In ogni caso, secondo la difesa della Camera, sarebbe fuori misura la tesi secondo cui l’operatività della garanzia costituzionale della insindacabilità delle opinioni esterne, sotto il profilo della loro correlazione con l’attività parlamentare, sia postulabile esclusivamente in presenza di atti che abbiano superato positivamente il vaglio di ammissibilità. La funzione precipua della valutazione prevista dall’art. 139-bis del regolamento della Camera andrebbe infatti inquadrata alla luce della ricostruzione prevalente che considera tutte le attività ispettive quali attribuzioni dell’organo collegiale, ma subordinate, nel caso delle interrogazioni e delle interpellanze, all’iniziativa del singolo membro del collegio medesimo. Così inquadrata, detta funzione risulterebbe volta a verificare l’idoneità della iniziativa ispettiva assunta dal singolo parlamentare a sollecitare l’esercizio della attribuzione collegiale, convertendosi dunque da manifestazione tipica della esigenza individuale di conoscenza in attività rogatoria dell’organo complessivamente inteso. Ne risulterebbe che in un caso come quello di specie, di controllo negativo per la estraneità della materia all’ambito del rapporto fiduciario con il Governo, non verrebbe negata la identificabilità dell’atto di iniziativa come tale e come esercizio di funzione spettante al singolo parlamentare, nonostante che l’atto sia inidoneo a guadagnare la visibilità collegiale a cui aspirava.

La resistente conclude ricordando come l’attenzione critica nei confronti dell’attività gestionale della R. espressa nell’atto di cui si tratta non rappresenterebbe un accadimento isolato, come è comprovato dall’impegno complessivo posto in essere dallo stesso deputato G. su tali temi. A dimostrazione di ciò, vengono richiamati alcuni interventi sul punto svolti dal parlamentare e contenuti in diversi atti ispettivi situati fra il 1996 e il 2000, prodotti nel giudizio davanti alla Corte. Osserva quindi che non potrebbe assumere alcun rilievo ostativo alla operatività della garanzia della insindacabilità il fatto che la Camera non abbia valorizzato la valenza probatoria di tali atti ovvero non li abbia riferiti in termini circostanziati allo scopo di asseverare il rapporto di collegamento tra impegno politico esterno ed attività interne alla sede parlamentare. Nei recenti sviluppi della giurisprudenza costituzionale, infatti, il giudizio sul conflitto tra poteri si configurerebbe quale scrutinio sulla effettiva sussistenza dei presupposti di operatività dell’art. 68, primo comma, della Costituzione, e non già sulla mera esistenza o sufficienza della motivazione della Camera.

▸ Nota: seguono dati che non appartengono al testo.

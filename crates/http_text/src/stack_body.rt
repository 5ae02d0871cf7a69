// The versions of a key, as JSON.
ghost use Rattle.std.specs.Prelude.{◌≡◌, ◌≤◌, ◌++◌, true, codes, length, map, Some, Ok};
ghost use Rattle.serde_json.specs.View.{items_of};
ghost use Rattle.serde_json.specs.Written.{items_text};
ghost use Rattle.stacks.specs.declared.version.Kind.{Kind};
ghost use Rattle.stacks.specs.declared.version.Kind.TheVariants.{Object};
ghost use Rattle.office_types.specs.declared.reply.Reply.TheVariants.{StackShown};
ghost use Rattle.http_text.specs.Bodies.{noncurrent_version, version_text, versions_text};
ghost use Rattle.http_text.specs.Parts.{since_part};
ghost use Rattle.http_text.specs.Replies.{body_text};
ghost use Rattle.http_text.specs.Room.{Puts};

use crate::members::{put_id, put_moment, put_text, put_whole};
use crate::room::{put, put_quoted};
use crate::tag_body::put_tags;
use class_rules::Class;
use moments::Moment;
use office_base::{Key, Size, Tags};
use stacks::{Kind, Stack, Version};

// Writes the moment since which a version has been noncurrent.
#[tactic(auto, using(crate::proofs::RoomLemmas::puts_nothing))]
fn put_since(room: &mut [u8], at: usize, since: Option<Moment>) -> usize
    ensures { Puts room.old at room.new result (since_part since) }
{
    match since {
        Some(since) => put_moment(room, at, b",\"noncurrent_since\":", since.ms()),
        None => at,
    }
}

fn put_object(
    room: &mut [u8],
    at: usize,
    version: &Version,
    size: Size,
    class: Class,
    tags: &Tags,
    entered: Moment,
    since: Option<Moment>,
) -> usize
    requires { version.now.kind ≡ Object size class tags.now entered }
    ensures puts { Puts room.old at room.new result (version_text since version.now) }
    ensures small { length (version_text since version.now) ≤ 94_000 }
{
    let at = put_text(room, at, b"{\"class\":", class.name());
    let at = put_moment(room, at, b",\"created\":", version.created.ms());
    let at = put_moment(room, at, b",\"entered\":", entered.ms());
    let at = put(room, at, b",\"kind\":\"object\"");
    let at = put_since(room, at, since);
    let at = put_whole(room, at, b",\"size\":", size.bytes());
    let at = put(room, at, b",\"tags\":");
    let at = put_tags(room, at, tags);
    let at = put_id(room, at, b",\"version\":", version.id);
    put(room, at, b"}")
}

#[tactic(auto, using(crate::proofs::PieceLemmas::marker_small))]
fn put_delete_marker(room: &mut [u8], at: usize, version: &Version, since: Option<Moment>) -> usize
    requires { version.now.kind ≡ Kind.Marker }
    ensures puts { Puts room.old at room.new result (version_text since version.now) }
    ensures small { length (version_text since version.now) ≤ 94_000 }
{
    let at = put_moment(room, at, b"{\"created\":", version.created.ms());
    let at = put(room, at, b",\"kind\":\"marker\"");
    let at = put_since(room, at, since);
    let at = put_id(room, at, b",\"version\":", version.id);
    put(room, at, b"}")
}

/// Writes a version, with the moment since which it has been noncurrent.
pub(crate) fn put_version(
    room: &mut [u8],
    at: usize,
    version: &Version,
    since: Option<Moment>,
) -> usize
    ensures puts { Puts room.old at room.new result (version_text since version.now) }
    ensures small { length (version_text since version.now) ≤ 94_000 }
{
    match &version.kind {
        Kind::Object {
            size,
            class,
            tags,
            entered,
        } => put_object(room, at, version, *size, *class, tags, *entered, since),
        Kind::Marker => put_delete_marker(room, at, version, since),
    }
}

/// Writes a noncurrent version after a comma.
pub(crate) fn put_next(room: &mut [u8], at: usize, version: &Version) -> usize
    ensures puts { Puts room.old at room.new result (codes "," ++ version_text (Some version.now.ceased) version.now) }
    ensures small { length (codes "," ++ version_text (Some version.now.ceased) version.now) ≤ 94_100 }
{
    let at = put(room, at, b",");
    put_version(room, at, version, Some(version.ceased))
}

// Writes the noncurrent versions after the current one, and the closing bracket.
fn put_noncurrent(room: &mut [u8], at: usize, versions: &[Version]) -> usize
    ensures { Puts room.old at room.new result (items_text true (items_of (map noncurrent_version versions.now))) }
{
    let mut at = at;
    for version in versions {
        at = put_next(room, at, version);
    }
    put(room, at, b"]")
}

fn put_versions(room: &mut [u8], at: usize, versions: &[Version]) -> usize
    ensures { Puts room.old at room.new result (versions_text versions.now) }
{
    match versions {
        [] => put(room, at, b"[]"),
        [current, noncurrent @ ..] => {
            let at = put(room, at, b"[");
            let at = put_version(room, at, current, None);
            put_noncurrent(room, at, noncurrent)
        }
    }
}

/// Writes the versions of a key, the current one first.
///
/// Cost: a pass over the versions; no memory.
pub(crate) fn put_stack(room: &mut [u8], at: usize, key: &Key, stack: &Stack) -> usize
    ensures { Puts room.old at room.new result (body_text (Ok (StackShown key.now stack.now))) }
{
    let at = put_moment(room, at, b"{\"changed\":", stack.changed().ms());
    let at = put(room, at, b",\"key\":");
    let at = put_quoted(room, at, key.bytes());
    let at = put(room, at, b",\"versions\":");
    let at = put_versions(room, at, stack.versions());
    put(room, at, b"}")
}
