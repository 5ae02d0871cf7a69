// What a bucket used, as JSON.
ghost use Rattle.std.specs.Prelude.{◌≤◌, length};
ghost use Rattle.http_text.specs.Bodies.{meters_data, classes_text};
ghost use Rattle.http_text.specs.Parts.{item_part};
ghost use Rattle.http_text.specs.Room.{Puts};

use crate::members::put_text;
use crate::room::{put, put_digits, put_wide};
use crate::tag_body::put_comma;
use office_types::ClassMeters;

fn put_meters(room: &mut [u8], at: usize, later: bool, meters: &ClassMeters) -> usize
    ensures puts { Puts room.old at room.new result (item_part later (meters_data meters.now)) }
    ensures small { length (item_part later (meters_data meters.now)) ≤ 1_000 }
{
    let at = put_comma(room, at, later);
    let at = put(room, at, b"{\"byte_ms\":");
    let at = put_digits(room, at, meters.byte_ms);
    let at = put_text(room, at, b",\"class\":", meters.class.name());
    let at = put(room, at, b",\"early_byte_ms\":");
    let at = put_digits(room, at, meters.early_byte_ms);
    let at = put(room, at, b",\"moves\":");
    let at = put_wide(room, at, u128::from(meters.moves));
    put(room, at, b"}")
}

/// Writes what was used of some classes as a JSON array.
pub(crate) fn put_classes(room: &mut [u8], at: usize, classes: &[ClassMeters]) -> usize
    ensures puts { Puts room.old at room.new result (classes_text classes.now) }
    ensures small { length classes.now ≤ 6 → length (classes_text classes.now) ≤ 7_000 }
{
    let mut at = put(room, at, b"[");
    let mut later = false;
    for meters in classes {
        at = put_meters(room, at, later, meters);
        later = true;
    }
    put(room, at, b"]")
}
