// The reply that shows the versions of a key, in pieces.
ghost use Rattle.std.specs.Prelude.{◌≡◌, ◌⊎◌, ◌<◌, ◌≤◌, ◌+◌, ◌++◌, ℕ, List, [], length, take, drop};
ghost use Rattle.std.specs.Prelude.{◌-◌, ◌^◌, MatchOption, IfSome, IfNone, OnSome, Ok};
ghost use Rattle.office_types.specs.declared.reply.Reply.TheVariants.{StackShown};
ghost use Rattle.http_text.specs.Pieces.{first_text, later_text, rest_text, front_text, pieces_left, pieces_count, left_count, Begins};
ghost use Rattle.http_text.specs.Replies.{answer_text, body_text, head_text};
ghost use Rattle.http_text.specs.Room.{Puts};

use crate::members::put_moment;
use crate::printing::put_head;
use crate::room::{put, put_quoted};
use crate::stack_body::{put_next, put_stack, put_version};
use http::StatusCode;
use office_base::Key;
use stacks::{Stack, Version};

/// The room that a piece needs, in bytes.
pub const PIECE_ROOM: usize = 131_072;

// From how many bytes on a piece takes no further version.
const FULL: usize = 32_768;

// What is left of a reply: all of it, or its last versions, or nothing.
#[derive(Clone, Copy, Drop)]
enum Left<'a> {
    All,
    Later(&'a [Version]),
    Nothing,
}

/// The reply that shows the versions of a key, printed piece by piece: a piece has some 32 KiB, and at most what one
/// version takes beyond.
#[derive(Clone, Copy, Drop)]
pub struct StackPieces<'a> {
    key: &'a Key,
    stack: &'a Stack,
    size: usize,
    left: Left<'a>,
}

// Writes the current version, if there is one.
#[tactic(auto, using(crate::proofs::RoomLemmas::puts_nothing))]
fn put_first(room: &mut [u8], at: usize, versions: &[Version]) -> usize
    ensures puts { Puts room.old at room.new result (first_text versions.now) }
    ensures small { length (first_text versions.now) ≤ 94_000 }
{
    match versions {
        [] => at,
        [current, ..] => put_version(room, at, current, None),
    }
}

// Writes the head, and the body up to the current version.
fn put_front(room: &mut [u8], key: &Key, stack: &Stack, size: usize) -> usize
    ensures puts { Puts room.old 0 room.new result (head_text 200 size ++ front_text key.now stack.now) }
    ensures small { length (head_text 200 size ++ front_text key.now stack.now) ≤ 102_000 }
{
    let at = put_head(room, 0, StatusCode::OK, size);
    let at = put_moment(room, at, b"{\"changed\":", stack.changed().ms());
    let at = put(room, at, b",\"key\":");
    let at = put_quoted(room, at, key.bytes());
    let at = put(room, at, b",\"versions\":[");
    put_first(room, at, stack.versions())
}

// The versions after the current one.
fn noncurrent(versions: &[Version]) -> &[Version]
    ensures { result.now ≡ drop 1 versions.now }
{
    match versions {
        [] => versions,
        [_, noncurrent @ ..] => noncurrent,
    }
}

// Writes noncurrent versions into a room from an index on, until the piece is full. Returns where it ends, and the
// versions left.
fn put_some<'a>(room: &mut [u8], at: usize, versions: &'a [Version]) -> (usize, &'a [Version])
    ensures text { (whole : List ℕ) → Begins room.old at 102_000 (rest_text versions.now) whole
        → Begins room.new result.0 127_000 (rest_text result.1.now) whole }
    ensures fewer { (length result.1.now < length versions.now) ⊎ ((result.1.now ≡ []) ⊎ (32_768 ≤ at)) }
    ensures within { length result.1.now ≤ length versions.now }
{
    let mut at = at;
    let mut left = versions;
    'versions: while at < FULL {
        let [version, rest @ ..] = left else {
            return (at, left);
        };
        at = put_next(room, at, version);
        left = rest;
    }
    (at, left)
}

impl<'a> StackPieces<'a> {
    /// Makes the pieces of the reply that shows the versions of a key. None if its body has 2^64 - 1 bytes or more.
    ///
    /// Cost: one pass over the versions; no memory.
    pub fn new(key: &'a Key, stack: &'a Stack) -> Option<StackPieces<'a>>
        ensures text { IfSome result (λ pieces. pieces_left pieces ≡ answer_text (Ok (StackShown key.now stack.now))) }
        ensures none { IfNone result (2 ^ 64 - 1 ≤ length (body_text (Ok (StackShown key.now stack.now)))) }
    {
        let size = put_stack(&mut [], 0, key, stack);
        if size == usize::MAX {
            return None;
        }
        Some(StackPieces {
            key,
            stack,
            size,
            left: Left::All,
        })
    }

    // Writes noncurrent versions into a room from an index on, and the end if there are no more. Returns where the piece
    // ends.
    fn fill(&mut self, room: &mut [u8], at: usize, versions: &'a [Version]) -> usize
        ensures text { (whole : List ℕ) → 131_072 ≤ length room.old
            → Begins room.old at 102_000 (rest_text versions.now) whole
            → (whole ≡ take result room.new ++ pieces_left self.new) }
        ensures within { (whole : List ℕ) → 131_072 ≤ length room.old
            → Begins room.old at 102_000 (rest_text versions.now) whole → (result ≤ length room.new) }
        ensures fewer { (pieces_count self.new < length versions.now + 1) ⊎ (32_768 ≤ at) }
        ensures not_more { pieces_count self.new ≤ length versions.now + 1 }
    {
        let (at, left) = put_some(room, at, versions);
        if left.is_empty() {
            self.left = Left::Nothing;
            put(room, at, b"]}")
        } else {
            self.left = Left::Later(left);
            at
        }
    }

    /// Prints the next piece to the front of a room, and returns how many bytes it has. None if nothing is left. Takes
    /// no memory.
    pub fn next(&mut self, room: &mut [u8]) -> Option<usize>
        requires room { 131_072 ≤ length room.old }
        ensures text { MatchOption result (pieces_left self.old ≡ [])
            (λ size. pieces_left self.old ≡ take size room.new ++ pieces_left self.new) }
        ensures within { IfSome result (λ size. size ≤ length room.new) }
        ensures fewer { OnSome result (pieces_count self.new < pieces_count self.old) }
    {
        match self.left {
            Left::All => {
                let at = put_front(room, self.key, self.stack, self.size);
                Some(self.fill(room, at, noncurrent(self.stack.versions())))
            }
            Left::Later(versions) => Some(self.fill(room, 0, versions)),
            Left::Nothing => None,
        }
    }
}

4.– All’esito della discussione del conflitto, questa Corte, con ordinanza istruttoria del 10 luglio 2002, rilevato che l’interrogazione dalla quale, secondo le parti, traggono origine le dichiarazioni per le quali si procede ed il provvedimento del Presidente della Camera che l’aveva dichiarata inammissibile non risultavano agli atti del giudizio, non essendo stati prodotti, invitava la Camera a produrre tanto l’interrogazione presentata il 10 novembre 1998 che il provvedimento della Presidenza che ne aveva valutato la non ammissibilità.

Con comunicazione del 26 settembre 2002 il Presidente della Camera riteneva di non poter accedere all’invito formulato da questa Corte, sul rilievo che l’atto ispettivo in discorso, essendo stato dichiarato non ammissibile e non essendo quindi stato pubblicato negli "Atti parlamentari", non era qualificabile come interrogazione, bensì come una manifestazione di opinione del deputato interessato nell’esercizio di una facoltà prevista dall’ordinamento parlamentare. Precisava comunque che il contenuto dei documenti richiesti era correttamente riportato nella relazione della Giunta per le autorizzazioni che aveva costituito l’atto parlamentare con il quale era stata introdotta la discussione in Assemblea che aveva condotto alla deliberazione di insindacabilità in questione.

5.– In prossimità dell’udienza ha depositato memoria la Camera dei deputati, insistendo perché il ricorso sia respinto in quanto inammissibile, improcedibile o comunque infondato.

Dopo aver precisato che il contenuto dell’interrogazione dell’onorevole G., divulgata dal parlamentare prima che fosse dichiarata inammissibile, e richiesta alla Camera con ordinanza di questa Corte, era "correttamente riportato nella relazione della Giunta per le autorizzazioni che ha costituito l’atto parlamentare con il quale è stata introdotta la discussione in Assemblea che ha condotto alla deliberazione di insindacabilità in questione", la memoria si sofferma sull’idoneità della dichiarazione del Presidente dell’organo parlamentare ad attestare che il contenuto dell’interrogazione inammissibile è esattamente quello di cui alla relazione della Giunta.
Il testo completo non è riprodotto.